=== Begin Enclosure ===

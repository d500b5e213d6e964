//! Rules over documents, with answers worked out by hand. A path selects step by step. The nearest selected element
//! decides, and a denial wins at the same element. Predicates see the whole document.
//!
//! Documents and answers are written as their lines with `;` after each, and rules with `;` between them. The id of a
//! rule is its own text. Memory is ample, so `NoMemory` fails a test.

use acl_model::{
    Axis, Bytes, Cmp, Doc, Element, Item, Name, Op, Operand, Path, Place, Pred, PredStep, Rule,
    Sequence, Sign, Step, Test,
};
use acl_outside::MemSink;
use line_writer::write_explanation_line;
use sqlite_items::{Boxed, Items};
use std::alloc::Global;
use std::process::Abort;
use std::test::Fail;
use tree_meaning::{
    explain_tree, selected, sign_at, view_tree, write_explanation, write_explanation_of, write_view,
};

// ---- documents, as lines

#[derive(Drop)]
struct OpenElement {
    name: Name,
    attributes: Vec<Bytes>,
    items: Vec<Item>,
}

/// Adds an item to the innermost open element.
fn add(open: &mut Vec<OpenElement>, item: Item) -> Result<(), Fail> {
    match open.last_mut() {
        Some(around) => around.items.push(item)?,
        None => return Err("nothing is open".into()),
    }
    Ok(())
}

/// The element that an end tag completes.
fn closed(open: OpenElement) -> Element {
    Element {
        name: open.name,
        attributes: Sequence::from_vec(open.attributes),
        items: Items::from_vec(open.items),
    }
}

/// The document of these lines.
fn document(alloc: Global, lines: &str) -> Result<Doc, Fail> {
    let mut open = Vec::new(alloc);
    let mut attributes = Vec::new(alloc);
    for line in lines.split(';') {
        match line.as_bytes() {
            [b'A', raw @ ..] => attributes.push(Bytes::from_slice(alloc, raw)?)?,
            [b'(', name @ ..] => {
                let name = Name::from_slice(alloc, name)?;
                open.push(OpenElement {
                    name,
                    attributes,
                    items: Vec::new(alloc),
                })?;
                attributes = Vec::new(alloc);
            }
            [b'-', text @ ..] => add(&mut open, Item::Text(Bytes::from_slice(alloc, text)?))?,
            _ => {
                let root = closed(open.pop().ok_or("nothing is open")?);
                if open.is_empty() {
                    return Ok(Doc { root });
                }
                add(&mut open, Item::Child(Boxed::new(alloc, root)?))?;
            }
        }
    }
    Err("an element is open".into())
}

// ---- rules, as text

/// The steps of a text such as `a//b/@c`, and the attribute at its end. A step after `/` is a child, and one after `//`
/// is a descendant.
fn steps(alloc: Global, text: &str) -> Result<(Vec<PredStep>, Option<Name>), Fail> {
    let mut steps = Vec::new(alloc);
    let mut attribute = None;
    let mut axis = Axis::Child;
    for piece in text.split('/') {
        match piece.as_bytes() {
            [] => axis = Axis::Descendant,
            [b'@', name @ ..] => attribute = Some(Name::from_slice(alloc, name)?),
            [b'*'] => steps.push(PredStep {
                axis,
                test: Test::Any,
            })?,
            name => {
                let test = Test::Named(Name::from_slice(alloc, name)?);
                steps.push(PredStep { axis, test })?;
            }
        }
        if !piece.is_empty() {
            axis = Axis::Child;
        }
    }
    Ok((steps, attribute))
}

/// A literal between `'`, `USER` for the user Ana, or a number.
fn operand(alloc: Global, text: &str) -> Result<Operand, Fail> {
    match text.as_bytes() {
        [b'\'', literal @ .., b'\''] => Ok(Operand::Text(Bytes::from_slice(alloc, literal)?)),
        b"USER" => Ok(Operand::User(Bytes::from_slice(alloc, b"Ana")?)),
        _ => Ok(Operand::Number(text.parse()?)),
    }
}

/// The comparison of a text such as `!= 'x'`.
fn comparison(alloc: Global, text: &str) -> Result<Cmp, Fail> {
    let (sign, value) = text.split_once(' ').ok_or("no value")?;
    let op = match sign.as_bytes() {
        b"=" => Op::Eq,
        b"!=" => Op::Ne,
        b"<" => Op::Lt,
        b"<=" => Op::Le,
        b">" => Op::Gt,
        _ => Op::Ge,
    };
    let operand = operand(alloc, value)?;
    Ok(Cmp { op, operand })
}

/// The predicate of a text such as `.//b/@c != 'x'`.
fn predicate(alloc: Global, text: &str) -> Result<Pred, Fail> {
    let (way, cmp) = match text.split_once(' ') {
        Some((way, after)) => (way, Some(comparison(alloc, after)?)),
        None => (text, None),
    };
    let (way, attribute) = steps(alloc, way.strip_prefix('.').unwrap_or(way))?;
    Ok(Pred {
        way: Sequence::from_vec(way),
        attribute,
        cmp,
    })
}

/// Appends the steps of a part of a path that has no predicates.
fn add_steps(alloc: Global, all: &mut Vec<Step>, text: &str) -> Result<(), Fail> {
    let (steps, _) = steps(alloc, text)?;
    for PredStep { axis, test } in steps {
        all.push(Step {
            axis,
            test,
            preds: Sequence::new(alloc),
        })?;
    }
    Ok(())
}

/// Appends a predicate to the last step.
fn add_predicate(alloc: Global, all: &mut Vec<Step>, text: &str) -> Result<(), Fail> {
    let Step { axis, test, preds } = all.pop().ok_or("a predicate without a step")?;
    let mut preds = preds.into_vec();
    preds.push(predicate(alloc, text)?)?;
    all.push(Step {
        axis,
        test,
        preds: Sequence::from_vec(preds),
    })?;
    Ok(())
}

/// The path of a text such as `//a[b][c = 'x']/d`.
fn path(alloc: Global, text: &str) -> Result<Path, Fail> {
    let mut all = Vec::new(alloc);
    for part in text.split(']') {
        let (way, inside) = part.split_once('[').unwrap_or((part, ""));
        if let Some(way) = way.strip_prefix('/') {
            add_steps(alloc, &mut all, way)?;
        }
        if !inside.is_empty() {
            add_predicate(alloc, &mut all, inside)?;
        }
    }
    Ok(Path {
        steps: Sequence::from_vec(all),
    })
}

/// The rules of a text such as `+//a;-/b`.
fn rules(alloc: Global, text: &str) -> Result<Vec<Rule>, Fail> {
    let mut all = Vec::new(alloc);
    for one in text.split_terminator(';') {
        let (sign, path_text) = match one.strip_prefix('+') {
            Some(after) => (Sign::Grant, after),
            None => (Sign::Deny, one.strip_prefix('-').ok_or("no sign")?),
        };
        let id = Bytes::from_slice(alloc, one.as_bytes())?;
        all.push(Rule {
            id,
            sign,
            path: path(alloc, path_text)?,
        })?;
    }
    Ok(all)
}

// ---- answers, as text

/// The text of the view as it is written. The view as a document has the same text: a query on it for all its elements
/// gives that.
fn view_text(alloc: Global, doc: &Doc, text: &str) -> Result<MemSink, Fail> {
    let own = rules(alloc, text)?;
    let all = rules(alloc, "+/*")?;
    let mut sink = MemSink::new(alloc, 1 << 17, Vec::new(alloc))?;
    write_view(alloc, doc, own.as_slice(), &mut sink)?;
    let mut of_tree = MemSink::new(alloc, 1 << 17, Vec::new(alloc))?;
    if let Some(tree) = view_tree(alloc, doc, own.as_slice())? {
        write_view(alloc, &tree, all.as_slice(), &mut of_tree)?;
    }
    if of_tree.written() != sink.written() {
        return Err("the view as a document has other lines".into());
    }
    Ok(sink)
}

/// The text of the explanation as it is written. The explanation as a list has the same text.
fn explanation_text(alloc: Global, doc: &Doc, text: &str) -> Result<MemSink, Fail> {
    let rules = rules(alloc, text)?;
    if rules.len() > 3 {
        return Err("three rules at most".into());
    }
    let mut sink = MemSink::new(alloc, 1 << 17, Vec::new(alloc))?;
    write_explanation_of(alloc, doc, rules.as_slice(), &mut sink)?;
    let told = explain_tree(alloc, doc, rules.as_slice())?;
    let mut of_list = MemSink::new(alloc, 1 << 17, Vec::new(alloc))?;
    write_explanation(told.as_slice(), rules.as_slice(), &mut of_list)?;
    if of_list.written() != sink.written() {
        return Err("the explanation as a list has other lines".into());
    }
    Ok(sink)
}

/// The places that the path selects, each with the sign of its element: a line for each. There is no element at `/9`.
fn places_text(alloc: Global, doc: &Doc, rule_text: &str, text: &str) -> Result<MemSink, Fail> {
    let rules = rules(alloc, rule_text)?;
    let path = path(alloc, text)?;
    let places = selected(alloc, doc, &path)?;
    let mut sink = MemSink::new(alloc, 1 << 17, Vec::new(alloc))?;
    for place in places.as_slice() {
        let sign = sign_at(alloc, doc, rules.as_slice(), place)?.ok_or("no element")?;
        write_explanation_line(sign, b"at", place.as_slice(), &mut sink)?;
    }
    let ninth = Place::from_slice(alloc, &[9])?;
    if sign_at(alloc, doc, rules.as_slice(), &ninth)?.is_some() {
        return Err("an element at /9".into());
    }
    Ok(sink)
}

// ---- tables, a line for each case

const HOSPITAL: &str =
    "(Hospital;(Folder;(Admin;(SSN;-123;)SSN;(Fname;-Li;)Fname;)Admin;(Act;(RPhys;-Ana;)RPhys;(Details;-calm;)Details;)Act;)Folder;)Hospital;";

/// The view of the hospital with the administrative part of the folder alone.
const ADMIN: &str = "(-;(-;(Admin;(SSN;-123;)SSN;(Fname;-Li;)Fname;)Admin;)-;)-;";

const FOLDER: &str = "AId CDATA f1;ANote IMPLIED;AId TOKEN 12;(Folder;-a;(x;)x;)Folder;";

/// Elements `a` with a child `b`, and one without.
const CONTEXTS: &str = "(r;(a;(c;)c;(b;)b;)a;-x;(a;(c;)c;)a;(x;(a;(b;)b;)a;)x;)r;";

/// The document that a name in capitals stands for, or else the text itself.
fn in_full(text: &str) -> &str {
    match text.as_bytes() {
        b"HOSPITAL" => HOSPITAL,
        b"ADMIN" => ADMIN,
        b"FOLDER" => FOLDER,
        b"CONTEXTS" => CONTEXTS,
        _ => text,
    }
}

/// The rules or the path of a case, its document, and the answer, with `|` between them. `SAME` is the whole document. A
/// line that begins with `#` is no case.
fn fields(line: &str) -> Result<Option<(&str, &str, &str)>, Fail> {
    if line.starts_with('#') {
        return Ok(None);
    }
    let (first, rest) = line.split_once('|').ok_or("one field")?;
    let (second, third) = rest.split_once('|').ok_or("two fields")?;
    let lines = in_full(second);
    let answer = match third.as_bytes() {
        b"SAME" => lines,
        _ => in_full(third),
    };
    Ok(Some((first, lines, answer)))
}
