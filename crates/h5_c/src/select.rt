//! The elements of a block that a selector matches. The block is read in place.
ghost use Rattle.std.specs.Prelude.{◌≡◌, ◌≢◌, ◌++◌, ◌<◌, ◌≤◌, Err, IfErr, IfOk, MatchResult, OnOk, false, length, map, true, vec_len};
ghost use Rattle.std.specs.Str.{IsUtf8, chars};
ghost use Rattle.html_tree_builder.specs.Asking.{asked};
ghost use Rattle.html_tree_builder.specs.Fault.{Found, Tells};
ghost use Rattle.h5_c.specs.Selecting.{Answers, AnswersAll, AnswersNumber, AreAllAsked, AreAsked, AreSelected, Checks, HandsOutMessage, HasNode, IsFaultOfOne, IsPut, Refuses, all_asked_in, asked_in, counted_in, first_in, match_in, nearest_from, nearest_in, start_in};
ghost use Rattle.h5_tree_block.specs.Block as b;
ghost use Rattle.h5_tree_block.specs.Packed.{bytes_of_words};
ghost use Rattle.h5_tree_block.specs.Sound.{is_sound};

use super::status::{
    BAD_ARGUMENT, BAD_BLOCK, BAD_SELECTOR, NO_MEMORY, NO_NODE, OK, give, put_words,
};
use h5_tree::SoundView;
use h5_tree::laws::sound_blocks_are_forests;
use h5_tree_block::{NOTHING, TEXT, View};
use html_tree_builder::select::{Selector, SelectorError};
use std::alloc::{AllocError, Global};
use std::fmt::Write;

// The tree of a block that has a node with this number, or the status.
fn tree_of<'a>(block: &'a [u8], node: u32) -> Result<SoundView<'a>, u32>
    ensures tree { IfOk result (λ tree. (tree.view.block.now ≡ block.now) × HasNode block.now node) }
    ensures no_tree { b.is_block block.now ≡ false → result ≡ Err 3 }
    ensures no_node { b.is_block block.now ≡ true → b.nodes_in block.now ≤ node → result ≡ Err 2 }
    ensures not_sound { b.is_block block.now ≡ true → node < b.nodes_in block.now → is_sound block.now ≡ false → result ≡ Err 3 }
    ensures some { HasNode block.now node → IfErr result (λ _. false ≡ true) }
{
    let Some(view) = View::of(block) else {
        return Err(BAD_BLOCK);
    };
    if node >= view.node_count() {
        return Err(NO_NODE);
    }
    match SoundView::of(view) {
        Some(tree) => Ok(tree),
        None => Err(BAD_BLOCK),
    }
}

// The selector of a text, or the status.
fn selector_of(alloc: Global, text: &[u8]) -> Result<Selector, u32>
    ensures selector { IfOk result (λ selector. IsUtf8 text.now × (asked_in text.now ≡ Found (map asked selector))) }
    ensures no_text { ¬ (IsUtf8 text.now) → result ≡ Err 4 }
    ensures refused { IsUtf8 text.now → IfErr result (Refuses (asked_in text.now)) }
{
    let Ok(text) = std::str::from_utf8(text) else {
        return Err(BAD_ARGUMENT);
    };
    match Selector::parse(alloc, text) {
        Ok(selector) => Ok(selector),
        Err(SelectorError::Memory) => Err(NO_MEMORY),
        Err(SelectorError::Invalid { .. }) => Err(BAD_SELECTOR),
    }
}

// A tree, and a selector that is asked of it.
#[derive(Drop)]
struct Query<'a> {
    tree: SoundView<'a>,
    selector: Selector,
}

// The tree of a block that has a node with this number, and the selector of a text; or the status.
fn query_of<'a>(alloc: Global, block: &'a [u8], node: u32, text: &[u8]) -> Result<Query<'a>, u32>
    ensures tree { IfOk result (λ query. (query.tree.view.block.now ≡ block.now) × HasNode block.now node) }
    ensures selector { IfOk result (λ query. IsUtf8 text.now × (asked_in text.now ≡ Found (map asked query.selector))) }
    ensures no_tree { b.is_block block.now ≡ false → result ≡ Err 3 }
    ensures no_node { b.is_block block.now ≡ true → b.nodes_in block.now ≤ node → result ≡ Err 2 }
    ensures not_sound { b.is_block block.now ≡ true → node < b.nodes_in block.now → is_sound block.now ≡ false → result ≡ Err 3 }
    ensures no_text { HasNode block.now node → ¬ (IsUtf8 text.now) → result ≡ Err 4 }
    ensures refused { HasNode block.now node → IsUtf8 text.now → IfErr result (Refuses (asked_in text.now)) }
{
    let tree = tree_of(block, node)?;
    let selector = selector_of(alloc, text)?;
    Ok(Query { tree, selector })
}
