// A kept time as a record shows it: as it was received, and its age (02, Req 09). For the record, by value and over the C interface.
#![tactic(auto)]

ghost use Rattle.std.specs.Prelude.{◌≡◌};
ghost use Rattle.rules.specs.Times.{received_of, age_of};

// A kept time as it was received.
pub fn received(time: u64) -> u32
    ensures { result ≡ received_of time }
{
    (time % 4294967296) as u32
}

// The ms from a kept time to the post's latest: "an age stops growing at 4,294,967,295" (02, Req 09).
pub fn age(now: u64, from: u64) -> u32
    ensures { result ≡ age_of now from }
{
    u32::try_from(now.saturating_sub(from)).unwrap_or(u32::MAX)
}
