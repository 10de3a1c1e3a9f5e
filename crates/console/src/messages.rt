// Answers on standard output, and messages on standard error: `xmf: NAME: reason`.
ghost use Rattle.std.specs.Prelude.{◌≡◌, length};

use std::io::{Eprint, Error, Print};

// Room for a line with a name of 4,096 bytes, each as a backslash and two digits.
pub fn line_buffer() -> [u8; 12300]
    ensures { 12300 ≡ length result }
{
    [0; 12300]
}

// Writes a name, safe on a terminal.
pub fn say_safe(rt: &impl Eprint, name: &[u8]) {
    let mut text = line_buffer();
    let end = notes::put_safe(&mut text, 0, name, name.len());
    let n = spelling::within(end, &text);
    program::say(rt, &text[..n]);
}

// `-` is standard input.
fn say_start(rt: &impl Eprint, name: &[u8]) {
    program::say(rt, b"xmf: ");
    if name == b"-".as_slice() {
        program::say(rt, b"standard input");
    } else {
        say_safe(rt, name);
    }
}

// Says what failed, and why.
pub fn failed(rt: &impl Eprint, name: &[u8], error: Error) {
    say_start(rt, name);
    program::say_reason(rt, error);
}

// Says what is wrong.
pub fn trouble(rt: &impl Eprint, name: &[u8], reason: &[u8]) {
    say_start(rt, name);
    program::say(rt, b": ");
    program::say(rt, reason);
    program::say(rt, b"\n");
}

// Says whose answer follows.
pub fn say_name(rt: &impl Eprint, name: &[u8]) {
    say_safe(rt, name);
    program::say(rt, b":\n");
}

// Says a refusal. Answers the status.
pub fn say_refusal(rt: &impl Eprint, line: &[u8], status: u64) -> u64 {
    program::say(rt, line);
    status
}

// Says that the words are not those of a command. Answers the status.
pub fn usage(rt: &impl Eprint) -> u64 {
    program::say(rt, b"xmf: bad words\n");
    1
}

// Why standard output did not take all of a text: it failed, as was said; or nobody reads it any more, of which nothing is said.
#[derive(Clone, Copy)]
pub enum Unwritten {
    Failed,
    Unread,
}

impl Unwritten {
    // The status that the program ends with.
    pub fn status(self) -> u64 {
        match self {
            Unwritten::Failed => 1,
            Unwritten::Unread => u64::from(program::UNREAD),
        }
    }
}

// Writes to standard output, and says so where not all was written.
pub fn write(rt: &(impl Print + Eprint), text: &[u8]) -> Result<(), Unwritten> {
    match rt.write_all(text) {
        Ok(()) => Ok(()),
        Err(error) => {
            if program::is_unread(&error) {
                return Err(Unwritten::Unread);
            }
            failed(rt, b"standard output", error);
            Err(Unwritten::Failed)
        }
    }
}

// Writes an answer with this status to standard output; answers the status.
pub fn write_answer(rt: &(impl Print + Eprint), text: &[u8], status: u64) -> u64 {
    match write(rt, text) {
        Ok(()) => status,
        Err(unwritten) => unwritten.status(),
    }
}
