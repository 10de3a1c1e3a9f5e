// The program's arguments.
ghost use Rattle.std.specs.Prelude.{IfSome};
ghost use Rattle.io.specs.Counts.{IsPrefixLen};

use crate::messages;
use std::io::Eprint;
use std::rt::Env;

// Whether argument i is the word.
pub fn is_word(rt: &impl Env, i: usize, word: &[u8]) -> bool {
    let mut buf = io::buffer();
    match program::arg(rt, i, &mut buf) {
        Ok(n) => &buf[..n] == word,
        Err(_) => false,
    }
}

// Puts an argument at the start of the buffer; says so where it is missing or too long, and `what` it is. Answers its length.
pub fn arg_at(rt: &(impl Env + Eprint), i: usize, what: &[u8], buf: &mut [u8]) -> Option<usize>
    ensures { IfSome result (λ n. IsPrefixLen n buf.new) }
{
    match program::arg(rt, i, buf) {
        Ok(n) => Some(n),
        Err(error) => {
            messages::failed(rt, what, error);
            None
        }
    }
}

// The number that a word is; says so where it is none.
fn read_number(rt: &impl Eprint, word: &[u8]) -> Option<u64> {
    let number = spelling::decimal(word);
    if number.is_none() {
        messages::trouble(rt, word, b"no decimal number");
    }
    number
}

// The number that argument i is; says so where it is none.
pub fn number_at(rt: &(impl Env + Eprint), i: usize) -> Option<u64> {
    let mut buf = io::buffer();
    let n = arg_at(rt, i, b"a number", &mut buf)?;
    read_number(rt, &buf[..n])
}

// The descriptor for the status that argument i names; -1 for none.
pub fn status_at(rt: &impl Env, i: usize) -> i32 {
    let mut buf = io::buffer();
    match program::arg(rt, i, &mut buf) {
        Ok(n) => spelling::status(&buf[..n]),
        Err(_) => -1,
    }
}
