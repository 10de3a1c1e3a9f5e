// The words that the program was started with, and what it says: answers on standard output, messages on standard error.
#![tactic(auto)]

mod arguments;
mod host;
mod messages;

pub use arguments::{arg_at, is_word, number_at, status_at};
pub use host::Host;
pub use messages::{
    Unwritten, failed, line_buffer, say_name, say_refusal, say_safe, trouble, usage, write,
    write_answer,
};
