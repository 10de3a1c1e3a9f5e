// What the command asks of the system: std's handles, and what they do not tell.
use std::fs::File;
use std::io::{Eprint, Input, IsTerminal, Print};
use std::os::fd::AsRawFd;
use std::random::RandomSource;
use std::rt::{Env, Files};

pub trait Host: Env + Files + Input + Print + Eprint + RandomSource {
    // Whether standard output is a terminal.
    fn writes_to_terminal(&self) -> bool;

    // Whether a file that was opened stands where standard input, output or error should, which was closed.
    fn is_standard(&self, file: &Self::File) -> bool;
}

impl Host for HostRuntime {
    fn writes_to_terminal(&self) -> bool {
        self.stdout().is_terminal()
    }

    fn is_standard(&self, file: &File) -> bool {
        file.as_raw_fd() < 3
    }
}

=== End Enclosure ===

Going down from the first line of the entries above, restate each line word for word until the line holding "[b'-', text @" is done.

▶ **SOLUTION**
repository d500b5e213d6e964
//! Rules over documents, with answers worked out by hand. A path selects step by step. The nearest selected element
//! decides, and a denial wins at the same element. Predicates see the whole document.
//!
//! Documents and answers are written as their lines with `;` after each, and rules with `;` between them. The id of a
//! rule is its own text. Memory is ample, so `NoMemory` fails a test.

use acl_model::{
    Axis, Bytes, Cmp, Doc, Element, Item, Name, Op, Operand, Path, Place, Pred, PredStep, Rule,
    Sequence, Sign, Step, Test,
};
use acl_outside::MemSink;
use line_writer::write_explanation_line;
use sqlite_items::{Boxed, Items};
use std::alloc::Global;
use std::process::Abort;
use std::test::Fail;
use tree_meaning::{
    explain_tree, selected, sign_at, view_tree, write_explanation, write_explanation_of, write_view,
};

// ---- documents, as lines

#[derive(Drop)]
struct OpenElement {
    name: Name,
    attributes: Vec<Bytes>,
    items: Vec<Item>,
}

/// Adds an item to the innermost open element.
fn add(open: &mut Vec<OpenElement>, item: Item) -> Result<(), Fail> {
    match open.last_mut() {
        Some(around) => around.items.push(item)?,
        None => return Err("nothing is open".into()),
    }
    Ok(())
}

/// The element that an end tag completes.
fn closed(open: OpenElement) -> Element {
    Element {
        name: open.name,
        attributes: Sequence::from_vec(open.attributes),
        items: Items::from_vec(open.items),
    }
}

/// The document of these lines.
fn document(alloc: Global, lines: &str) -> Result<Doc, Fail> {
    let mut open = Vec::new(alloc);
    let mut attributes = Vec::new(alloc);
    for line in lines.split(';') {
        match line.as_bytes() {
            [b'A', raw @ ..] => attributes.push(Bytes::from_slice(alloc, raw)?)?,
            [b'(', name @ ..] => {
                let name = Name::from_slice(alloc, name)?;
                open.push(OpenElement {
                    name,
                    attributes,
                    items: Vec::new(alloc),
                })?;
                attributes = Vec::new(alloc);
            }
            [b'-', text @ ..] => add(&mut open, Item::Text(Bytes::from_slice(alloc, text)?))?,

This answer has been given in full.